What You Didn’t Told About Delayed Myalgia

There are some myths about the onset of deferred myalgia that are worth clarifying. Do you know its true causes? Do you know how to avoid it? In this space we tell you the details.
What You Didn't Told About Delayed Myalgia

Although delayed myalgia may appear after exercise, it should not be a reason to avoid strength training. Here we will explain what it is, why it hurts and how to avoid it.

What is deferred myalgia?

The deferred myalgia is what we usually call muscle pain after exercise. It is also known as:

  • Pain the next day.
  • Delayed muscle pain (DMT).
  • DOMS, from its acronym in English.

These pains can appear 24 or 48 hours after an intense exercise session or after doing an exercise that we have never done before.

Leg pain

This pain is usually located in the muscles being worked and may be accompanied by a short-term decrease in strength and range of motion.

What is the cause?

Deferred myalgia may appear after exercise or any other type of physical activity outside the usual intensity range, such as:

  • First day at the gym of a sedentary person.
  • A very intense workout for an athlete.
  • Load boxes on a shift.

Deferred myalgia and inflammation

In the past, it was believed that this type of pain was caused by inflammation resulting from the breakdown of muscle fibers after exercise. However, we now know that this is not the case, as:

  • There may be pain without inflammation, especially after eccentric exercise, as indicated in this study published in The Journal of Physiological Sciences.
  • There may also be inflammation without pain, as in another 2016 study in the journal Frontiers in Physiology.

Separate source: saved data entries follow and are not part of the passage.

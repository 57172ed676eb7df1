//! A line of a capture: the moment of a packet in milliseconds, and its bytes in hex.

ghost use Rattle.std.specs.Prelude.{◌≡◌, ◌⊎◌, Ok, Err, IfOk, IfErr, MatchResult, option_map};
ghost use Rattle.line_words.specs.Lines.{words_of};
ghost use Rattle.fan_board.specs.PacketLines.{digits_of, moment_of, packet_of, packet_read};

use hex::{FromHexError, decode};
use line_words::{first_word, read_decimal, split_word};
use mctp_packet::Moment;
use std::alloc::Global;
use thiserror::Error;

/// Why a line is no packet.
#[derive(Clone, Copy, Debug, PartialEq, Eq, Error)]
pub(crate) enum LineFault {
    /// It has more words than a moment and bytes.
    #[error("more than a moment and bytes")]
    Words,
    /// It has no moment, or one that is no number or too large.
    #[error("no moment")]
    NoMoment,
    /// Its moment is before an earlier line's.
    #[error("a moment before the last")]
    BackInTime,
    /// Its bytes are not in hex.
    #[error("no bytes in hex")]
    NoHex,
    /// There was no memory for it.
    #[error("out of memory")]
    Memory,
}

/// A packet, and when it came.
#[derive(Debug, Drop)]
pub(crate) struct TimedPacket {
    pub(crate) moment: Moment,
    pub(crate) bytes: Vec<u8>,
}

/// The packet of a line, given without its line end. A blank line and one that begins with `#` has none; one with a
/// moment alone has an empty packet.
///
/// # Errors
///
/// The first fault of `Words`, `NoMoment` and `NoHex` that the line has; `Memory` where the packet's bytes were refused
/// the memory.
pub(crate) fn read_line(alloc: Global, line: &[u8]) -> Result<Option<TimedPacket>, LineFault>
    ensures ok { IfOk result (λ packet. packet_of line.now ≡ Ok (option_map packet_read packet)) }
    ensures err { IfErr result (λ fault. (fault ≡ LineFault.Memory) ⊎ (packet_of line.now ≡ Err fault)) }
{
    let Some((first, rest)) = first_word(line) else {
        return Ok(None);
    };
    let digits = read_digits(rest)?;
    let moment = read_moment(first)?;
    match decode(alloc, digits) {
        Ok(bytes) => Ok(Some(TimedPacket { moment, bytes })),
        Err(FromHexError::OutOfMemory) => Err(LineFault::Memory),
        Err(_) => Err(LineFault::NoHex),
    }
}

/// The hex digits in what follows the moment.
fn read_digits(rest: &[u8]) -> Result<&[u8], LineFault>
    ensures { MatchResult result
        (λ digits. digits_of (words_of rest.now) ≡ Ok digits.now)
        (λ fault. digits_of (words_of rest.now) ≡ Err fault) }
{
    let Some((digits, more)) = split_word(rest) else {
        return Ok(b"");
    };
    if split_word(more).is_some() {
        return Err(LineFault::Words);
    }
    Ok(digits)
}

/// The moment that a word spells.
fn read_moment(word: &[u8]) -> Result<Moment, LineFault>
    ensures { result ≡ moment_of word.now }
{
    let Some(milliseconds) = read_decimal(word) else {
        return Err(LineFault::NoMoment);
    };
    match Moment::new(milliseconds) {
        Some(moment) => Ok(moment),
        None => Err(LineFault::NoMoment),
    }
}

Therefore, it appears that inflammation is not directly related to delayed myalgia pain. The current hypothesis is that this type of inflammation is a reaction of the immune system to an unknown stimulus (new movement or increased exercise intensity).

We will have to wait for this topic to be studied a little further to draw more precise conclusions.

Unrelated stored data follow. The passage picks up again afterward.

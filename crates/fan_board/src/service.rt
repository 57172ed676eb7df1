//! A packet handed to the endpoint of the fan board, and the command in it performed by the board.

ghost use Rattle.std.specs.FinMap as map;
ghost use Rattle.std.specs.Prelude.{◌≡◌, ◌≤◌, length, IfOk, IfErr, OnErr};
ghost use Rattle.pldm_endpoint.specs.Giving.{response_of};
ghost use Rattle.pldm_endpoint.specs.Receiving.{HasAnswered, IsRefused};
ghost use Rattle.pldm_endpoint.specs.RequestKeys.{pending_at};
ghost use Rattle.pldm_endpoint.specs.TwoSteps.{IsHandedOn, held_in};
ghost use Rattle.fan_board.specs.Served.{IsServed, board_response_to};

use crate::board::Board;
use mctp_packet::Moment;
use pldm_endpoint::laws::answers_come_in_turn;
use pldm_endpoint::{CommandHandle, Endpoint, ReceiveRefusal, Step};
use pldm_responder::Outcome;

/// Gives a packet to the endpoint, and has the board perform the command that it asks for, or respond to the request of
/// PLDM type 63 that it brings, if any. Here the board answers before the next packet is looked at; a slower one would
/// be asked now and answer later, and more could be asked meanwhile.
///
/// # Errors
///
/// As from [`Endpoint::receive`]: the packet is lost, and all is as before. The board is asked nothing then.
pub fn serve(
    endpoint: &mut Endpoint,
    board: &mut Board,
    now: Moment,
    packet: &[u8],
) -> Result<Outcome, ReceiveRefusal>
    requires idle { endpoint.old.pending ≡ map.empty }
    requires later { (held_in endpoint.old).last ≤ now }
    ensures served { IfOk result
        (IsServed endpoint.old board.old now packet.now endpoint.new board.new) }
    ensures refused { IfErr result (IsRefused endpoint.old now packet.now endpoint.new) }
    ensures board { OnErr result (board.new ≡ board.old) }
    ensures idle { endpoint.new.pending ≡ map.empty }
{
    answers_come_in_turn();
    let handle = match endpoint.receive(now, packet) {
        Ok(Step::Perform(handle)) => handle,
        Ok(Step::Respond(handle)) => return Ok(respond(endpoint, board, &handle)),
        Ok(Step::Done(outcome)) => return Ok(outcome),
        Err(refusal) => return Err(refusal),
    };
    let Some(command) = endpoint.command(&handle) else {
        unreachable!();
    };
    let answer = board.perform(now, command);
    match endpoint.answer(&handle, &answer) {
        Ok(outcome) => Ok(outcome),
        Err(_) => unreachable!(),
    }
}

/// Has the board respond to the request that is pending under this handle, and hands that in.
fn respond(endpoint: &mut Endpoint, board: &Board, handle: &CommandHandle) -> Outcome
    requires { IsHandedOn (pending_at endpoint.old.pending handle.now) }
    ensures { HasAnswered endpoint.old handle.now
        (board_response_to board.now (pending_at endpoint.old.pending handle.now)) endpoint.new result }
{
    let Some(request) = endpoint.request(handle) else {
        unreachable!();
    };
    let (code, data) = board.respond(&request);
    match data {
        Some(byte) => give(endpoint, handle, code, &[byte]),
        None => give(endpoint, handle, code, &[]),
    }
}

/// Hands in a response to the request that is pending under this handle.
fn give(endpoint: &mut Endpoint, handle: &CommandHandle, code: u8, rest: &[u8]) -> Outcome
    requires handed_on { IsHandedOn (pending_at endpoint.old.pending handle.now) }
    requires few { length rest.now ≤ 1 }
    ensures { HasAnswered endpoint.old handle.now (response_of code rest.now) endpoint.new result }
{
    match endpoint.answer_bytes(handle, code, rest) {
        Ok(outcome) => outcome,
        Err(_) => unreachable!(),
    }
}
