//! A board with two fans behind an MCTP endpoint: it reads a capture, a line `MS HEX` for each packet, and writes what
//! goes out, as `mctpctl answer` does.
#![tactic(auto)]

mod board;
mod packet_line;
mod service;

ghost use Rattle.std.specs.FinMap as map;
ghost use Rattle.std.specs.Prelude.{◌≡◌};
ghost use Rattle.pldm_wire.specs.declared.assigned.TheConstants.{INSTANCE_IDS};
ghost use Rattle.pldm_wire.specs.declared.restart_policy.RestartPolicy.TheVariants.{All};
ghost use Rattle.pldm_endpoint.specs.TwoSteps.{held_in};
ghost use Rattle.pldm_responder.specs.ResponderStates.{IsHeld, held_at_first};

use crate::board::Board;
use crate::packet_line::{LineFault, TimedPacket, read_line};
use crate::service::serve;
use mctp_packet::{Eid, Keep};
use pldm_endpoint::Endpoint;
use pldm_responder::{Bounds, Outcome, ResponderSettings};
use pldm_wire::PassThrough;
use std::alloc::Global;

/// The endpoint ID of the board.
const OWN: u8 = 10;

/// For how long an answer is kept for copies of its request, in milliseconds.
const KEEP: u32 = 1_000;

/// The answers to two sources are kept, and two messages of several packets may be open.
const BOUNDS: Bounds = Bounds {
    sources: 2,
    open_messages: 2,
};

/// At most one command is pending: the board does one thing at a time.
const COMMANDS: usize = 1;

/// The requests of PLDM type 63 (OEM) are handed on to the board as bytes.
const OEM: PassThrough = PassThrough {
    pldm_types: 1 << 63,
    unknown_commands: false,
};

fn main(rt: HostRuntime) -> anyhow::Result<()> {
    let mut board = Board::new();
    let mut endpoint = new_endpoint(rt.alloc());
    for line in rt.lines(rt.alloc()) {
        let line = line?;
        if let Some(packet) = read_line(rt.alloc(), line.as_bytes())? {
            handle(&rt, &mut endpoint, &mut board, &packet)?;
        }
    }
    Ok(())
}

/// The endpoint in front of the board.
fn new_endpoint(alloc: Global) -> Endpoint
    ensures held { IsHeld (held_in result) (held_at_first OWN All INSTANCE_IDS KEEP tt) }
    ensures handed_on { result.handed_on ≡ OEM }
    ensures bounds { result.end.bounds ≡ BOUNDS }
    ensures max_pending { result.max_pending ≡ COMMANDS }
    ensures idle { result.pending ≡ map.empty }
{
    let (Some(own), Some(keep)) = (Eid::new(OWN), Keep::new(KEEP)) else {
        unreachable!();
    };
    Endpoint::new(
        alloc,
        Some(own),
        ResponderSettings::each_for(keep),
        OEM,
        BOUNDS,
        COMMANDS,
    )
}

/// Serves a packet and writes what becomes of it: `drop NAME`, `partial`, `lost` where there was no room for it, or
/// the answer's packets in hex, one a line.
fn handle(
    rt: &HostRuntime,
    endpoint: &mut Endpoint,
    board: &mut Board,
    packet: &TimedPacket,
) -> anyhow::Result<()>
    requires { endpoint.old.pending ≡ map.empty }
    ensures { endpoint.new.pending ≡ map.empty }
{
    if packet.moment.get() < endpoint.last_moment().get() {
        return Err(LineFault::BackInTime.into());
    }
    match serve(endpoint, board, packet.moment, &packet.bytes) {
        Ok(Outcome::Dropped(reason)) => println!(rt; "drop {}", reason.name())?,
        Ok(Outcome::Partial) => println!(rt; "partial")?,
        Ok(Outcome::Answered { packets, .. }) => {
            for index in 0..packets.len() {
                if let Some(packet) = packets.get(index) {
                    println!(rt; "{}", hex::encode(rt.alloc(), packet)?)?;
                }
            }
        }
        Err(_) => println!(rt; "lost")?,
    }
    Ok(())
}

Delayed myalgia is a result of lactic acid, right?

No. Lactic acid does not cause delayed or delayed myalgia. This was verified in a study published in 1983, where the concentration of lactic acid in the blood was evaluated in two types of runners:

  • Some who ran 45 minutes on an uninclined treadmill. And they had a significant increase in lactic acid but not delayed muscle pain (DOMS).
  • Others who ran the same time, but on a -10% steep treadmill, for a similar descent. And they had no increase in lactic acid, but significant delayed myalgia.

This little experiment showed that there is no relationship between lactic acid and delayed myalgia. So why do they cause pain?

Deferred myalgia and back pain

The usual hateful answer: we don’t know for sure. One of the problems in defining the cause is that sometimes delayed myalgia can spread to muscles that were not exercised.

What is clear is that: 

  • Eccentric movements are more likely to cause delayed muscle pain than concentric movements.
  • Genetics probably play an important role, as there are things that vary from person to person, such as pain sensitivity.
  • Delayed myalgias can get worse due to factors such as dehydration, poor diet, lack of sleep, too much massage, or fear of pain.

Can I prevent her?

You can’t prevent delayed muscle pain from appearing, but you can reduce your chance of getting it. And if delayed myalgia does appear, it will be much easier to manage if you follow these tips:

  • Take it easy. Gradually increase the intensity of the exercise you do at the gym. You won’t reach the goal any faster if you push your body, quite the opposite.
  • The general recommendation is to increase reps, sets or weight no more than 10% per week.
  • Warm up properly and, if you’ve had good results before, stretch after exercise.
  • Focus on having good habits, taking care of your diet, sleeping well, and drinking plenty of water.